Service change cost depends completely on location.
General ideas:
100 amp service - $750-$1500
200 amp service - $1200-$2500

California and the Southeast seem to be in the higher bracket. I have heard of 200 amp service changes in Cali going for over $3k. This to me is robbery, I don't care where you live.


In my area of NY 100 amps is around $800-$1000, with 200 amps in the $1200-$1400 range.

These numbers are typical replacements with no unforseen circumstances and/or extra circuit wiring.


----------



## marxlaws

ryaniniowa said:


> They actually make a screw in fuse that is a circuit breaker. It has a little reset built right into it. Granted it's not the cure for an overloaded circuit, but they are handy if you only overload it occasionally. You can get them at true value's or other stores in that line.


good call for the edison fuse problem. i have never seen them but they sound cool.


----------



## DonaldE.Kliros

747 said:


> How much would a electric contractor charge to replace the fuse box in my house with circuit breakers


In your area of Illinois I would suggest $1500.00 to $2000.00 for a 200-amp panel, which is what you need.

If you only have 8 fuses, that would tell me you only have 60- to 100-Amp service. That is a bit on the low side for modern electrical equipment.

It also tells me that you have the toaster & microwave on the same circiuit. This will blow the fuse almost everytime. May take a few minutes if you have slow blow fuses.

My microwave & toaster draws 21-Amps. If yours are similar that will blow a 15-Amp fuse. 
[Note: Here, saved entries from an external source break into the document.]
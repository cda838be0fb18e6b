//! A client, and what it reads.

use qe_base::{Duplicate, KeyList, Text};
use qe_client::Client;
use qe_field::encrypted_numbers;
use qe_line::{Fault, accepted, print_line};
use qe_plain::PlainReply;
use qe_protocol::Reply;
use qe_schema::{Keys, Schema};
use qe_texts::reply_text;
use std::alloc::Global;

/// A client, and its schema.
#[derive(Drop)]
pub struct Reader {
    schema: Schema,
    client: Client,
}

/// The client of a schema and its keys.
pub fn reader_of(alloc: Global, schema: Schema, keys: KeyList) -> Result<Reader, Fault> {
    let kept = schema.copy()?;
    let client = client_of(alloc, schema, keys)?;
    Ok(Reader {
        schema: kept,
        client,
    })
}

fn client_of(alloc: Global, schema: Schema, keys: KeyList) -> Result<Client, Fault> {
    let keys = accepted(Keys::new(alloc, &schema, keys))?;
    let numbers = encrypted_numbers(alloc, schema.fields())?;
    if keys.len() != numbers.len() {
        return Err(Fault::Refused);
    }
    let name = Text::of(alloc, "reader")?;
    Ok(Client::new(alloc, schema, keys, [0; 32], name)?)
}

impl Reader {
    /// Prints what is read of a reply, or the first fault.
    pub fn print(&self, rt: &HostRuntime, name: &str, reply: &Reply) -> Result<(), Fault> {
        match self.client.answer(reply) {
            Ok(read) => self.print_read(rt, name, &read),
            Err(fault) => print_line(rt, format_args!("{name}: {fault:?}")),
        }
    }

    fn print_read(&self, rt: &HostRuntime, name: &str, read: &PlainReply) -> Result<(), Fault> {
        let text = accepted(reply_text(rt.alloc(), &self.schema, read))?;
        print_line(rt, format_args!("{name}: {}", text.as_str()))
    }
}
Your wiring is probably very old. I would not recommend you put any larger fuse in as that will not be good for the wire. You probably have AWG 14 wire in your circuit & that is only good for 15-Amps.

Don


----------



## 747

Thats exactly correct don its a 15 amp fuse and a 100 amp box. I moved the toaster to the utility room which is right next to kitchen it never blows there. Thanks everybody for your input....


----------



## Teetorbilt

It's always the toaster! Why is that? Amps? At what level? Maybe it all depends on the # of LED clocks on the circuit.


----------



## jnh4072

I have a question. You said the average for a 200 amp service is up to $2500.00. Does this include new Service entrance cable, panel, breakers? Or does that include using existing panel, exisiting breakers ? If not how much would you estimate for a home say with 30 Circuits, new 200 amp service cable, new panel,all brand new circuit breakers and adding 3 new circuits, that would include fishing wire in a crawl space...etc, tracing lines and labeling, also new backer board... and inspection fees? Thanks for the input.





Speedy Petey said:


> If you have fuses, any knowledgeable electrican will automatically suggest a complete service change. If the service equipment is old enough to still have a fuse panel it is most certainly time to replace it all.
> 
> Service change cost depends completely on location.
> General ideas:
> 100 amp service - $750-$1500
> 200 amp service - $1200-$2500
> 
> California and the Southeast seem to be in the higher bracket. I have heard of 200 amp service changes in Cali going for over $3k. This to me is robbery, I don't care where you live.
> 
> 
> In my area of NY 100 amps is around $800-$1000, with 200 amps in the $1200-$1400 range.
> 
> These numbers are typical replacements with no unforseen circumstances and/or extra circuit wiring.


----------



## mdshunk

JHN, I'm curious why a person who lists electrical as his contracting trade would need to ask. This is a pretty bread and butter install. Yes, everything you asked about is included in a service upgrade, minus the extra circuits. Unless you're in one of the notorious labor markets like Chicago or Cali, you can get all that work done for 1800-2200 bucks.


----------